Let’s go through these options one by one.

--container: This is what lets us run pre-built binaries, because it uses Linux namespaces to remap the composed packages to /bin, /lib, and so on.
--network: Depot tools are going to want to download things, so we give them net access.
--share: By default, the container shares the current working directory with the “host”. But we need not only the checkout for V8 but also the sibling checkout for depot tools (more on this in a minute); let’s just share the whole home directory. Also, we share the /run/user/1000 directory, which is $XDG_RUNTIME_DIR, which lets us access the SSH agent, so we can check out over SSH.
--preserve: By default, the container gets a pruned environment. This lets us pass some environment variables through.
--emulate-fhs: The crucial piece that lets us bridge the gap between Guix and the world.
--manifest: Here we specify the list of packages to use when composing the environment.

We can use short arguments to make this a bit less verbose:

guix shell -CNF --share=$XDG_RUNTIME_DIR --share=$HOME \
  -ETERM -ESSH_AUTH_SOCK -m manifest.scm

I would like it if all of these arguments could somehow be optional, that I could get a bare guix shell invocation to just apply them, when run in this directory. Perhaps some day.

Running guix shell like this drops you into a terminal. So let’s initialize depot tools:

cd $HOME/src
export VPYTHON_BYPASS="manually managed python not supported by chrome operations"
export PATH=$HOME/src/depot_tools:$PATH
export SSL_CERT_DIR=/etc/ssl/certs/
export SSL_CERT_FILE=/etc/ssl/certs/ca-certificates.crt
gclient

This should download a bunch of things, I don’t know what. But at this point we’re ready to go:

fetch v8

This checks out V8, which is about 1.3 GB, and then probably about as much again in dependencies.

build v8

You can build V8 directly:

# note caveat below!
cd v8
tools/dev/gm.py x64.release

This will build fine... and then fail to link. The precise reason is obscure to me: it would seem that by default, V8 uses a whole Debian sysroot for Some Noble Purpose, and ends up linking against it.

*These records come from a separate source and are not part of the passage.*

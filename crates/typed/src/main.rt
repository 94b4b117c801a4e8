// Reads a text from standard input and writes the listing's bytes, or the line `REFUSED number place`.
// No plainer by say::answer: between reading and writing it looks whether the text was read whole.
#![tactic(auto)]

use std::io;
use std::io::Write;

fn main(rt: HostRuntime) -> io::Result<()> {
    let mut text = typing::room();
    let n = streams::read_full(&mut rt.stdin(), &mut text)?;
    if typing::TEXT < n {
        return rt
            .stderr()
            .write_all(b"typed: the text is longer than 1 MiB\n");
    }
    let mut out = [0u8; say::LINE];
    let length = typing::typed(&text[..n], &mut out);
    rt.stdout().write_all(&out[..length])
}
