/// Makes the backup of a volume in whose metadata something is under way, and says of a reencryption that the backup is
/// of one moment.
fn back_up_copy<D: Device, E: Write>(
    volume: &mut D,
    name: &str,
    copy: &UnderwayCopy,
    target: &mut D,
    backing_up: &BackingUp<'_>,
    err: &mut E,
) -> Answer
    requires volume_room { D.failed volume.old + 1 < 2 ^ 64 }
    requires target_room { D.failed target.old + 1 < 2 ^ 64 }
    requires settled { D.tells → IsSettled D.unsettled target.old }
    requires of { D.tells → IsUnderwayCopy (D.bytes volume.old) copy.now }
    ensures unchanged { IsUnchanged D.tells D.size D.bytes D.unsettled volume.old volume.new }
    ensures size { D.size target.new ≡ D.size target.old }
    ensures rest { D.tells → KeepsRest backing_up.now.payload (D.bytes volume.old)
        (D.bytes target.old) (D.bytes target.new) }
    ensures settled { D.tells → D.failed volume.new ≡ D.failed volume.old
        → D.failed target.new ≡ D.failed target.old → IsSettled D.unsettled target.new }
    ensures kinds { answer_status result ≢ Status.NotInStep }
    ensures answers { IsUnderwayMade D.tells (pair_of D.size D.bytes D.failed
        volume.old volume.new target.old target.new) result }
{
    let before = volume.failures();
    match back_up_underway(volume, copy, target) {
        Ok(()) => {
            let _ = note_moment(&copy.meta, name, err);
            Answer::Done(None)
        }
        Err(fault) if volume.failures() != before => not_kept(
            fault,
            name,
            "reading failed, the backup may be unfinished",
            err,
        ),
        Err(fault) => not_kept(
            fault,
            backing_up.target,
            "reading or writing failed, the backup may be unfinished",
            err,
        ),
    }
}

But it compiles against system glibc, which seems to have replaced fcntl64 with a versioned symbol, or some such nonsense. It smells like V8 built against a too-new glibc and then failed trying to link to an old glibc.

To fix this, you need to go into the args.gn that was generated in out/x64.release and then add use_sysroot = false, so that it links to system glibc instead of the downloaded one.

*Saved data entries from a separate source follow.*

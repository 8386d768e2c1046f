//! What a round keeps of the nodes that it has not settled yet.
ghost use Rattle.std.specs.Prelude.{◌≤◌, length};

use crate::ready::ReadySet;
use crate::run::Run;
use indexmap::IndexMap;
use keys::Key;

/// What an open node does.
#[derive(Drop)]
pub enum Phase {
    /// Its record is checked, and this many recorded groups are settled without a change.
    Checking(usize),
    /// It makes turns, and its next one can be handed out once the last group that it asked for is settled.
    Running,
    /// Its job is out.
    Out,
}

/// A node that is opened and not settled.
#[derive(Drop)]
pub struct Node {
    /// The groups that its turns asked for.
    pub groups: Vec<Vec<Key>>,
    /// The nodes that wait for it.
    pub waiters: Vec<Key>,
    /// What it does.
    pub phase: Phase,
}

/// Open nodes by key. Their order means nothing.
pub type Nodes = IndexMap<Key, Node>;

/// The open nodes, and what there is to do.
#[derive(Drop)]
pub struct OpenNodes {
    /// The open nodes.
    pub nodes: Nodes,
    /// Those whose next turn can be handed out.
    pub ready: ReadySet,
    /// Those that are to be visited, from the place `visited` on.
    pub queue: Vec<Key>,
    /// How many of `queue` were visited.
    pub visited: usize,
    /// The runs so far, in the order of settling.
    pub runs: Vec<Run>,
    ghost within: { visited ≤ length queue.items },
}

echo 'use_sysroot = false' >> out/x64.release/args.gn
tools/dev/gm.py x64.release

You probably want to put the commands needed to set up your environment into some shell scripts. For Guix you could make guix-env:

#!/bin/sh
guix shell -CNF --share=$XDG_RUNTIME_DIR --share=$HOME \
  -ETERM -ESSH_AUTH_SOCK -m manifest.scm -- "$@"

Then inside the container you need to set the PATH and such, so we could put this into the V8 checkout as env:

#!/bin/sh
# Look for depot_tools in sibling directory.
depot_tools=`cd $(dirname $0)/../depot_tools && pwd`
export PATH=$depot_tools:$PATH
export VPYTHON_BYPASS="manually managed python not supported by chrome operations"
export SSL_CERT_DIR=/etc/ssl/certs/
export SSL_CERT_FILE=/etc/ssl/certs/ca-certificates.crt
exec "$@"

This way you can run ./guix-env ./env tools/dev/gm.py x64.release and not have to “enter” the container so much.

notes

This all works fine enough, but I do have some meta-reflections.

I would prefer it if I didn’t have to use containers, for two main reasons. One is that the resulting build artifacts have to be run in the container, because they are dynamically linked to e.g. /lib, at least for the ELF loader. It would be better if I could run them on the host (with the host debugger, for example). Using Guix to make the container is better than e.g. docker, though, because I can ensure that the same tools are available in the guest as I use on the host. But also, I don’t like adding “modes” to my terminals: are you in or out of this or that environment. Being in a container is not like being in a vanilla guix shell, and that’s annoying.

The build process uses many downloaded tools and artifacts, including clang itself. This is a feature, in that I am using the same compiler that colleagues at Google use, which is important. But it’s also annoying and it would be nice if I could choose. (Having the same clang-format though is an absolute requirement.)

There are two tests failing, in this configuration. It is somehow related to time zones. I have no idea why, but I just ignore them.

If the build system were any weirder, I would think harder about maybe using Docker or something like that. Colleagues point to distrobox as being a useful wrapper. It is annoying though, because such a docker image becomes like a little stateful thing to do sysadmin work on, and I would like to avoid that if I can.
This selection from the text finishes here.